# BRIEF
Please output exactly the part of the records below that opens with the line containing "Returns the octets." and closes with the line containing "RunsDown (S.turns source.old)", both lines included, and nothing else.

Records from a data collection
//! A client of a resource directory over a connection. It registers, refreshes and removes one
//! registration (RFC 9176 section 5, RFC 8323).
#![tactic(auto)]

mod answers;
mod flights;
mod hearing;
mod meanings;
mod pieces;
mod sessions;
mod signs;

pub use answers::{Answer, Unanswered};
pub use client_model::{Ask, Location, Outcome, TOKEN_SIZE};
pub use sessions::Session;
pub use stream_model::StreamBad;
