//! The result of a request over a connection.
use client_model::Outcome;
use rd_base::Bytes;
use stream_model::StreamBad;

/// The answer to a request.
#[derive(Debug, Drop)]
pub struct Answer {
    /// The outcome: `Located`, `Done` or `Refused`.
    pub outcome: Outcome,
    /// The value of the answer's Echo, of 1 to 40 octets (RFC 9175 section 2.2.1).
    pub echo: Option<Bytes>,
}

/// The reason why a request has no answer.
#[derive(Clone, Copy, Debug, PartialEq, Eq)]
pub enum Unanswered {
    /// The message of the request would have more than 1,152 octets. Nothing was sent.
    Size,
    /// The source was at its end.
    Closed,
    /// The directory sent a Release (RFC 8323 section 5.5).
    Released,
    /// The directory sent an Abort (RFC 8323 section 5.6).
    Aborted,
    /// A message of the directory was bad, and was answered by an Abort (RFC 8323 section 5.6).
    Bad(StreamBad),
    /// A read failed, and the source has counted it.
    Read,
    /// A write failed, and the sink has counted it.
    Write,
    /// Memory ran out.
    Starved,
}
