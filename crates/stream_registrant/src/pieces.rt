//! The octets that were read and not yet used.
ghost use Rattle.std.specs.Prelude.{◌≡◌, ◌≤◌, length, drop, []};
ghost use Rattle.rd_base.specs.Outside.{CountsRead, RunsDown};
ghost use Rattle.stream_registrant.specs.Pieces.{Fills};

use rd_base::{Got, Source};
use std::marker::Model;
use stream_model::MAX_STREAM_MESSAGE;

/// The octets that were read and not yet used. Contracts see their list.
#[derive(Drop)]
pub(crate) struct Piece {
    octets: [u8; MAX_STREAM_MESSAGE],
    /// The index of the first octet that is not used.
    from: usize,
    /// The index after the last octet that was read.
    to: usize,
}

impl Model for Piece {
    ghost use Rattle.std.specs.Prelude.{ℕ, ◌-◌, ◌≤◌, List, take, drop};

    ghost Value = { List ℕ };

    ghost view = { λ p. take (p.to - p.from) (drop p.from p.octets) };

    ghost invariant = { λ p. (p.from ≤ p.to) × (p.to ≤ 1152) };
}

impl Piece {
    /// Creates a piece without octets.
    pub(crate) fn new() -> Piece
        ensures { result ≡ [] }
    {
        Piece {
            octets: [0; MAX_STREAM_MESSAGE],
            from: 0,
            to: 0,
        }
    }

    /// Returns the octets.
    pub(crate) fn octets(&self) -> &[u8]
        ensures { result.now ≡ self.now }
    {
        &self.octets[self.from..self.to]
    }

    /// Uses the first octets, as many as these.
    pub(crate) fn spend(&mut self, count: usize)
        requires { count ≤ length self.old }
        ensures { self.new ≡ drop count self.old }
    {
        self.from += count;
    }

    /// Uses all octets, and reads others.
    pub(crate) fn fill<S: Source>(&mut self, source: &mut S) -> Got
        ensures bytes { Fills (S.left source.old) (S.left source.new) result self.new }
        ensures few { length self.new ≤ 1152 }
        ensures turns { RunsDown (S.turns source.old) (S.turns source.new) result }
        ensures cause { CountsRead (S.faults source.old) (S.faults source.new) result }
    {
        self.from = 0;
        self.to = 0;
        let got = source.read(&mut self.octets);
        if let Got::Bytes(count) = got {
            self.to = count;
        }
        got
    }
}
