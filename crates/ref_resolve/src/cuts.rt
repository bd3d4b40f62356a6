//! Cuts of a text at its first octet of a kind.
ghost use Rattle.std.specs.Prelude.{◌≡◌, ◌<◌, ◌+◌, ◌∷◌, length, option_map, MatchOption, false};
ghost use Rattle.reference_model.specs.References as references;

/// Returns what precedes the first of these marks, or the whole text, and what follows the mark if
/// there is one.
pub(crate) fn around(text: &str, mark: char) -> (&str, Option<&str>)
    requires { mark < 128 }
    ensures before { result.0.now ≡ references.before mark text.now }
    ensures after { option_map (λ rest. rest.now) result.1 ≡ references.after mark text.now }
    ensures lengths { MatchOption result.1 (length result.0.now ≡ length text.now)
        (λ rest. length result.0.now + 1 + length rest.now ≡ length text.now) }
{
    match text.split_once(mark) {
        Some((front, back)) => (front, Some(back)),
        None => (text, None),
    }
}

/// Returns what precedes the first of these marks, and the text from it on.
pub(crate) fn split_from(text: &str, mark: char) -> (&str, &str)
    requires { mark < 128 }
    ensures before { result.0.now ≡ references.before mark text.now }
    ensures from { result.1.now ≡ references.from_first mark text.now }
    ensures lengths { length result.0.now + length result.1.now ≡ length text.now }
{
    match text.find(mark) {
        Some(offset) => text.split_at(offset),
        None => (text, ""),
    }
}

/// Returns the text up to and with the first of these marks, or the whole text.
pub(crate) fn through(text: &str, mark: char) -> &str
    requires { mark < 128 }
    ensures { result.now ≡ references.through mark text.now }
{
    match text.find(mark) {
        Some(offset) => &text[..offset + 1],
        None => text,
    }
}

/// Returns what follows the mark, if the text begins with it.
pub(crate) fn after_first(text: &str, mark: char) -> Option<&str>
    requires { mark < 128 }
    ensures { MatchOption result (references.begins_with mark text.now ≡ false)
        (λ rest. text.now ≡ mark ∷ rest.now) }
{
    text.strip_prefix(mark)
}

/// Returns what follows two slashes at the beginning, if the text begins with them.
pub(crate) fn after_two_slashes(text: &str) -> Option<&str>
    ensures { option_map (λ rest. rest.now) result ≡ references.after_two_slashes text.now }
{
    match text.strip_prefix('/') {
        Some(rest) => rest.strip_prefix('/'),
        None => None,
    }
}
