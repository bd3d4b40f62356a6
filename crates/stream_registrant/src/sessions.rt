//! A connection to a directory, and the requests over it.
ghost use Rattle.std.specs.Prelude.{◌≡◌, ◌<◌, List, ℕ, []};
ghost use Rattle.stream_model.specs.Streams.{stream_of};
ghost use Rattle.stream_reader.specs.Shown.{message_of};
ghost use Rattle.client_model.specs.Requests.{CanBeSent};
ghost use Rattle.stream_registrant.specs.Answers.{request_in, request_over};
ghost use Rattle.stream_registrant.specs.Courses as courses;
ghost use Rattle.stream_registrant.specs.Courses.{Ends, IsDecided, IsKept, IsRead, IsStepped};
ghost use Rattle.stream_registrant.specs.Courses.{IsTold, Seen, Waits, seen, source_turns};
ghost use Rattle.stream_registrant.specs.Hearing.{IsHeardIn, IsRefused};
ghost use Rattle.stream_registrant.specs.Saying.{opening, request_octets, voice_seen};

use crate::flights::{begin, say_abort};
use crate::hearing::{Step, hear};
use crate::meanings::{Pending, request_of};
use crate::pieces::Piece;
use crate::{Answer, Unanswered};
use client_model::{Ask, TOKEN_SIZE};
use rd_base::{Got, Sink, Source};
use std::alloc::Global;
use std::marker::Model;
use stream_model::StreamBad;
use stream_reader::{Fed, StreamReader};

/// A connection to a directory, as a client keeps it between its requests (RFC 8323).
///
/// It holds what was read and not yet used, and does not allocate.
#[derive(Drop)]
pub struct Session {
    reader: StreamReader,
    piece: Piece,
    /// Whether the CSM has been sent.
    is_open: bool,
}

impl Model for Session {
    ghost use Rattle.stream_registrant.specs.Courses.{SessionSeen};

    ghost Value = { SessionSeen };

    ghost view = { λ s. record { held = s.reader; rest = s.piece; is_open = s.is_open } };
}

impl Session {
    /// Creates the session of a new connection.
    pub fn new() -> Session
        ensures new { result ≡ courses.at_opening }
        ensures ahead { (octets : List ℕ) → courses.ahead result octets ≡ stream_of octets }
    {
        Session {
            reader: StreamReader::new(),
            piece: Piece::new(),
            is_open: false,
        }
    }

    /// Reads octets, when all that were read are used.
    fn read<S: Source>(&mut self, source: &mut S) -> Step
        ensures kept { IsKept self.old self.new }
        ensures read { IsRead (S.left source.old) (S.left source.new) (S.faults source.old)
            (S.faults source.new) self.new.rest result }
        ensures falls { result ≡ Step.Waits
            → source_turns S.Source.own source.new self.new
            < source_turns S.Source.own source.old (courses.with_rest self.old []) }
    {
        let Got::Bytes(count) = self.piece.fill(source) else {
            return Step::Over(Err(Unanswered::Read));
        };
        if count == 0 {
            return Step::Over(Err(Unanswered::Closed));
        }
        Step::Waits
    }

    /// Handles the message that is complete.
    fn hear<K: Sink>(&self, alloc: Global, pending: &Pending, out: &mut K) -> Step
        ensures { IsHeardIn (request_in pending.now) (message_of self.now.held)
            (voice_seen K.Sink.own out.old) (voice_seen K.Sink.own out.new) result }
    {
        let Some(frame) = self.reader.message() else {
            return Step::Waits;
        };
        hear(alloc, pending, out, &frame)
    }

    /// Handles the next message of what was read, or reads more.
    fn step<S: Source, K: Sink>(
        &mut self,
        alloc: Global,
        pending: &Pending,
        source: &mut S,
        out: &mut K,
    ) -> Step
        ensures stepped { (first : List ℕ) (before : Seen)
            → Waits (request_in pending.now) first before
            (seen S.Source.own K.Sink.own self.old source.old out.old)
            → IsStepped (request_in pending.now) first before
            (seen S.Source.own K.Sink.own self.new source.new out.new) result }
        ensures falls { result ≡ Step.Waits
            → source_turns S.Source.own source.new self.new
            < source_turns S.Source.own source.old self.old }
    {
        match self.reader.feed(self.piece.octets()) {
            Fed::More => self.read(source),
            Fed::Whole(count) => {
                self.piece.spend(count);
                self.hear(alloc, pending, out)
            }
            Fed::Bad(count, why) => {
                self.piece.spend(count);
                refuse(out, why)
            }
        }
    }

    /// Handles message after message, until the request ends.
    fn hear_all<S: Source, K: Sink>(
        &mut self,
        alloc: Global,
        pending: &Pending,
        source: &mut S,
        out: &mut K,
    ) -> Result<Answer, Unanswered>
        ensures { (first : List ℕ) (before : Seen)
            → Waits (request_in pending.now) first before
            (seen S.Source.own K.Sink.own self.old source.old out.old)
            → Ends (request_in pending.now) first before
            (seen S.Source.own K.Sink.own self.new source.new out.new) result }
    {
        'steps: loop {
            match self.step(alloc, pending, source, out) {
                Step::Waits => {}
                Step::Over(end) => return end,
            }
        }
    }

    /// Makes a request over the connection with this token, and waits for its answer (RFC 9176
    /// section 5, RFC 8323).
    ///
    /// - A CSM is written before the first request of the session.
    /// - The request is a message with the token, and with the code, the options and the payload of
    ///   the ask.
    /// - The first response with the token is the answer, unless it has a critical option that is
    ///   not recognized (RFC 7252 section 5.4.1). Other messages are ignored.
    /// - A Ping is answered by a Pong, and a bad message by an Abort.
    ///
    /// What follows the answer is kept for the next request. That request should have another
    /// token.
    ///
    /// # Requires
    ///
    /// The request can be sent (`CanBeSent`), as every request of `registrant` can.
    ///
    /// # Errors
    ///
    /// [`Unanswered`] says why there is no answer. After `Size` nothing was written. After
    /// `Starved` the request may have been written, and its answer may have been taken.
    pub fn request<S: Source, K: Sink>(
        &mut self,
        alloc: Global,
        ask: &Ask,
        token: [u8; TOKEN_SIZE],
        source: &mut S,
        out: &mut K,
    ) -> Result<Answer, Unanswered>
        requires { CanBeSent ask.now }
        ensures course { IsTold (request_over ask.now token) (opening self.old.is_open)
            (request_octets ask.now token)
            (seen S.Source.own K.Sink.own self.old source.old out.old)
            (seen S.Source.own K.Sink.own self.new source.new out.new) result }
        ensures told { IsDecided (request_over ask.now token) (S.left source.old) self.old result }
    {
        if let Err(why) = begin(alloc, self.is_open, ask, &token, out) {
            return Err(why);
        }
        self.is_open = true;
        self.hear_all(alloc, &request_of(ask, token), source, out)
    }
}

/// Answers a bad message by an Abort (RFC 8323 section 5.6).
fn refuse<K: Sink>(out: &mut K, why: StreamBad) -> Step
    ensures { IsRefused why (voice_seen K.Sink.own out.old) (voice_seen K.Sink.own out.new) result }
{
    if say_abort(out) {
        return Step::Over(Err(Unanswered::Bad(why)));
    }
    Step::Over(Err(Unanswered::Write))
}
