//! The resolution of a reference against a base (RFC 3986 section 5.2, strict).
ghost use Rattle.std.specs.Prelude.{◌≡◌, ◌++◌, ◌∷◌, [], ◌<◌, ℕ, List, option_map, OnOk, IfOk};
ghost use Rattle.std.specs.String.{string_bytes};
ghost use Rattle.link_model.specs.Characters.{slash, is_empty};
ghost use Rattle.reference_model.specs.References as references;
ghost use Rattle.reference_model.specs.Resolution as resolution;
ghost use Rattle.ref_resolve.specs.ComponentsOfParts.{components_of};
ghost use Rattle.ref_resolve.specs.MergedPaths.{front_of};

use crate::components::Parts;
use crate::dot_segments::append_without_dots;
use rd_base::{Starved, Text};
use std::alloc::Global;

/// The most octets between the components of a reference: a colon, two slashes, a slash of the
/// path, a question mark and a number sign.
const DELIMITERS: usize = 6;

/// Returns the scheme of the reference, or else that of the base.
#[tactic(auto, unfolding(reference_model::specs::Resolution::resolution))]
fn target_scheme<'a>(base: &Parts<'a>, reference: &Parts<'a>) -> Option<&'a str>
    ensures { option_map (λ text. text.now) result
        ≡ (resolution.resolution (components_of base.now) (components_of reference.now)).scheme }
{
    if reference.scheme.is_some() {
        return reference.scheme;
    }
    base.scheme
}

/// Returns the authority of a reference that has a scheme or an authority, or else that of the
/// base.
#[tactic(auto, unfolding(reference_model::specs::Resolution::resolution))]
fn target_authority<'a>(base: &Parts<'a>, reference: &Parts<'a>) -> Option<&'a str>
    ensures { option_map (λ text. text.now) result
        ≡ (resolution.resolution (components_of base.now) (components_of reference.now)).authority }
{
    if reference.scheme.is_some() {
        return reference.authority;
    }
    match reference.authority {
        Some(authority) => Some(authority),
        None => base.authority,
    }
}

/// Returns the query of the reference, or that of the base if the reference has nothing before its
/// fragment.
#[tactic(auto, unfolding(reference_model::specs::Resolution::resolution))]
fn target_query<'a>(base: &Parts<'a>, reference: &Parts<'a>) -> Option<&'a str>
    ensures { option_map (λ text. text.now) result
        ≡ (resolution.resolution (components_of base.now) (components_of reference.now)).query }
{
    if reference.scheme.is_some() {
        return reference.query;
    }
    if reference.authority.is_some() {
        return reference.query;
    }
    if !reference.path.is_empty() {
        return reference.query;
    }
    if reference.query.is_some() {
        return reference.query;
    }
    base.query
}

/// Returns a path up to its last slash, with it.
fn directory(path: &str) -> &str
    ensures { result.now ≡ resolution.up_to_last_slash path.now }
{
    match path.rfind('/') {
        Some(offset) => &path[..offset + 1],
        None => "",
    }
}

/// Returns the path of a reference after that of the base (RFC 3986 section 5.2.3).
#[tactic(auto, unfolding(reference_model::specs::Resolution::merged))]
fn merged(alloc: Global, base: &Parts<'_>, path: &str) -> Result<String, Starved>
    ensures { IfOk result (λ text. string_bytes text ≡ resolution.merged (components_of base.now)
        path.now) }
{
    let mut text = String::new(alloc);
    text.push_str(front_of_merged(base))?;
    text.push_str(path)?;
    Ok(text)
}

/// Returns what precedes the path of a reference when it is merged. This is a slash if the base has
/// an authority and no path, and otherwise the base's path up to its last slash.
fn front_of_merged<'a>(base: &Parts<'a>) -> &'a str
    ensures { result.now ≡ front_of (components_of base.now) }
{
    if base.authority.is_some() && base.path.is_empty() {
        return "/";
    }
    directory(base.path)
}

/// Appends the path of a resolved reference.
#[tactic(auto, unfolding(reference_model::specs::Resolution::resolution))]
fn append_path(
    alloc: Global,
    text: &mut String,
    base: &Parts<'_>,
    reference: &Parts<'_>,
) -> Result<(), Starved>
    ensures { OnOk result (string_bytes text.new ≡ string_bytes text.old ++
        (resolution.resolution (components_of base.now) (components_of reference.now)).path) }
{
    if reference.scheme.is_some() {
        return append_without_dots(text, reference.path);
    }
    if reference.authority.is_some() {
        return append_without_dots(text, reference.path);
    }
    if reference.path.is_empty() {
        text.push_str(base.path)?;
        return Ok(());
    }
    if reference.path.as_bytes().starts_with(b"/") {
        return append_without_dots(text, reference.path);
    }
    let path = merged(alloc, base, reference.path)?;
    append_without_dots(text, path.as_str())
}

/// Appends a scheme with its colon, if there is one.
fn append_scheme(text: &mut String, scheme: Option<&str>) -> Result<(), Starved>
    ensures { OnOk result (string_bytes text.new ≡ string_bytes text.old ++ references.scheme_text
        (option_map (λ part. part.now) scheme.entry)) }
{
    if let Some(part) = scheme {
        text.push_str(part)?;
        text.push_str(":")?;
    }
    Ok(())
}

/// Appends an authority after two slashes, if there is one.
fn append_authority(text: &mut String, authority: Option<&str>) -> Result<(), Starved>
    ensures { OnOk result (string_bytes text.new ≡ string_bytes text.old ++
        references.authority_text (option_map (λ part. part.now) authority.entry)) }
{
    if let Some(part) = authority {
        text.push_str("//")?;
        text.push_str(part)?;
    }
    Ok(())
}

/// Appends a scheme and an authority with their marks, if they exist.
fn append_front(
    text: &mut String,
    scheme: Option<&str>,
    authority: Option<&str>,
) -> Result<(), Starved>
    ensures { OnOk result (string_bytes text.new ≡ string_bytes text.old ++
        (references.scheme_text (option_map (λ part. part.now) scheme.entry) ++
        references.authority_text (option_map (λ part. part.now) authority.entry))) }
{
    if let (Some(before), Some(after)) = (scheme, authority) {
        text.push_str(before)?;
        text.push_str("://")?;
        text.push_str(after)?;
        return Ok(());
    }
    append_scheme(text, scheme)?;
    append_authority(text, authority)
}

/// Appends a query after its question mark, if there is one.
fn append_query(text: &mut String, query: Option<&str>) -> Result<(), Starved>
    ensures { OnOk result (string_bytes text.new ≡ string_bytes text.old ++ references.query_text
        (option_map (λ part. part.now) query.entry)) }
{
    if let Some(part) = query {
        text.push_str("?")?;
        text.push_str(part)?;
    }
    Ok(())
}

/// Appends a fragment after its number sign, if there is one.
fn append_fragment(text: &mut String, fragment: Option<&str>) -> Result<(), Starved>
    ensures { OnOk result (string_bytes text.new ≡ string_bytes text.old ++ references.fragment_text
        (option_map (λ part. part.now) fragment.entry)) }
{
    if let Some(part) = fragment {
        text.push_str("#")?;
        text.push_str(part)?;
    }
    Ok(())
}

/// Returns how many octets a text has, if there is one.
fn octets_of(part: Option<&str>) -> usize {
    part.map_or(0, |text| text.len())
}

/// Returns how much room a path takes at most, in octets. The base's path is included if the path
/// does not begin with a slash.
fn room_for_path(base: &str, path: &str) -> usize {
    if path.as_bytes().starts_with(b"/") {
        return path.len();
    }
    usize::saturating_add(base.len(), path.len())
}

/// Returns how much room parts and a path take with their delimiters, in octets. The room is only
/// reserved, and changes no text.
fn room_for(parts: [Option<&str>; 4], path: usize) -> usize {
    let mut room = usize::saturating_add(path, DELIMITERS);
    for part in parts {
        room = usize::saturating_add(room, octets_of(part));
    }
    room
}

/// Replaces a text by a reference, resolved against a base (RFC 3986 sections 5.2.2 and 5.3,
/// strict).
///
/// Dot segments are removed from a reference with a scheme, too. A base should have a scheme and an
/// authority. If it has none, the result has none from it.
///
/// # Errors
///
/// `Starved` if memory runs out, and for no other reason. No clause says what the text then is.
pub fn resolve_into(
    alloc: Global,
    base: &Parts<'_>,
    reference: &Parts<'_>,
    text: &mut String,
) -> Result<(), Starved>
    ensures value { OnOk result (string_bytes text.new
        ≡ references.recomposed (resolution.resolution (components_of base.now)
        (components_of reference.now))) }
    ensures texts { OnOk result ((b r : List ℕ) → references.IsReference b (components_of base.now)
        → references.IsReference r (components_of reference.now) → string_bytes text.new
        ≡ resolution.resolved b r) }
{
    let scheme = target_scheme(base, reference);
    let authority = target_authority(base, reference);
    let query = target_query(base, reference);
    let path = room_for_path(base.path, reference.path);
    let room = room_for([scheme, authority, query, reference.fragment], path);
    text.clear();
    text.reserve(room)?;
    append_front(text, scheme, authority)?;
    append_path(alloc, text, base, reference)?;
    append_query(text, query)?;
    append_fragment(text, reference.fragment)?;
    Ok(())
}

/// Returns the text of a reference, resolved against a base, as [`resolve_into`] writes it.
///
/// # Errors
///
/// `Starved` if memory runs out, and for no other reason.
pub fn resolve(alloc: Global, base: &Parts<'_>, reference: &Parts<'_>) -> Result<Text, Starved>
    ensures value { IfOk result (λ text. text ≡ references.recomposed
        (resolution.resolution (components_of base.now) (components_of reference.now))) }
    ensures texts { IfOk result (λ text. (b r : List ℕ)
        → references.IsReference b (components_of base.now)
        → references.IsReference r (components_of reference.now)
        → text ≡ resolution.resolved b r) }
{
    let mut text = String::new(alloc);
    resolve_into(alloc, base, reference, &mut text)?;
    Ok(Text::of(text))
}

# SOLUTION TO THIS EXERCISE
    /// Returns the octets.
    pub(crate) fn octets(&self) -> &[u8]
        ensures { result.now ≡ self.now }
    {
        &self.octets[self.from..self.to]
    }

    /// Uses the first octets, as many as these.
    pub(crate) fn spend(&mut self, count: usize)
        requires { count ≤ length self.old }
        ensures { self.new ≡ drop count self.old }
    {
        self.from += count;
    }

    /// Uses all octets, and reads others.
    pub(crate) fn fill<S: Source>(&mut self, source: &mut S) -> Got
        ensures bytes { Fills (S.left source.old) (S.left source.new) result self.new }
        ensures few { length self.new ≤ 1152 }
        ensures turns { RunsDown (S.turns source.old) (S.turns source.new) result }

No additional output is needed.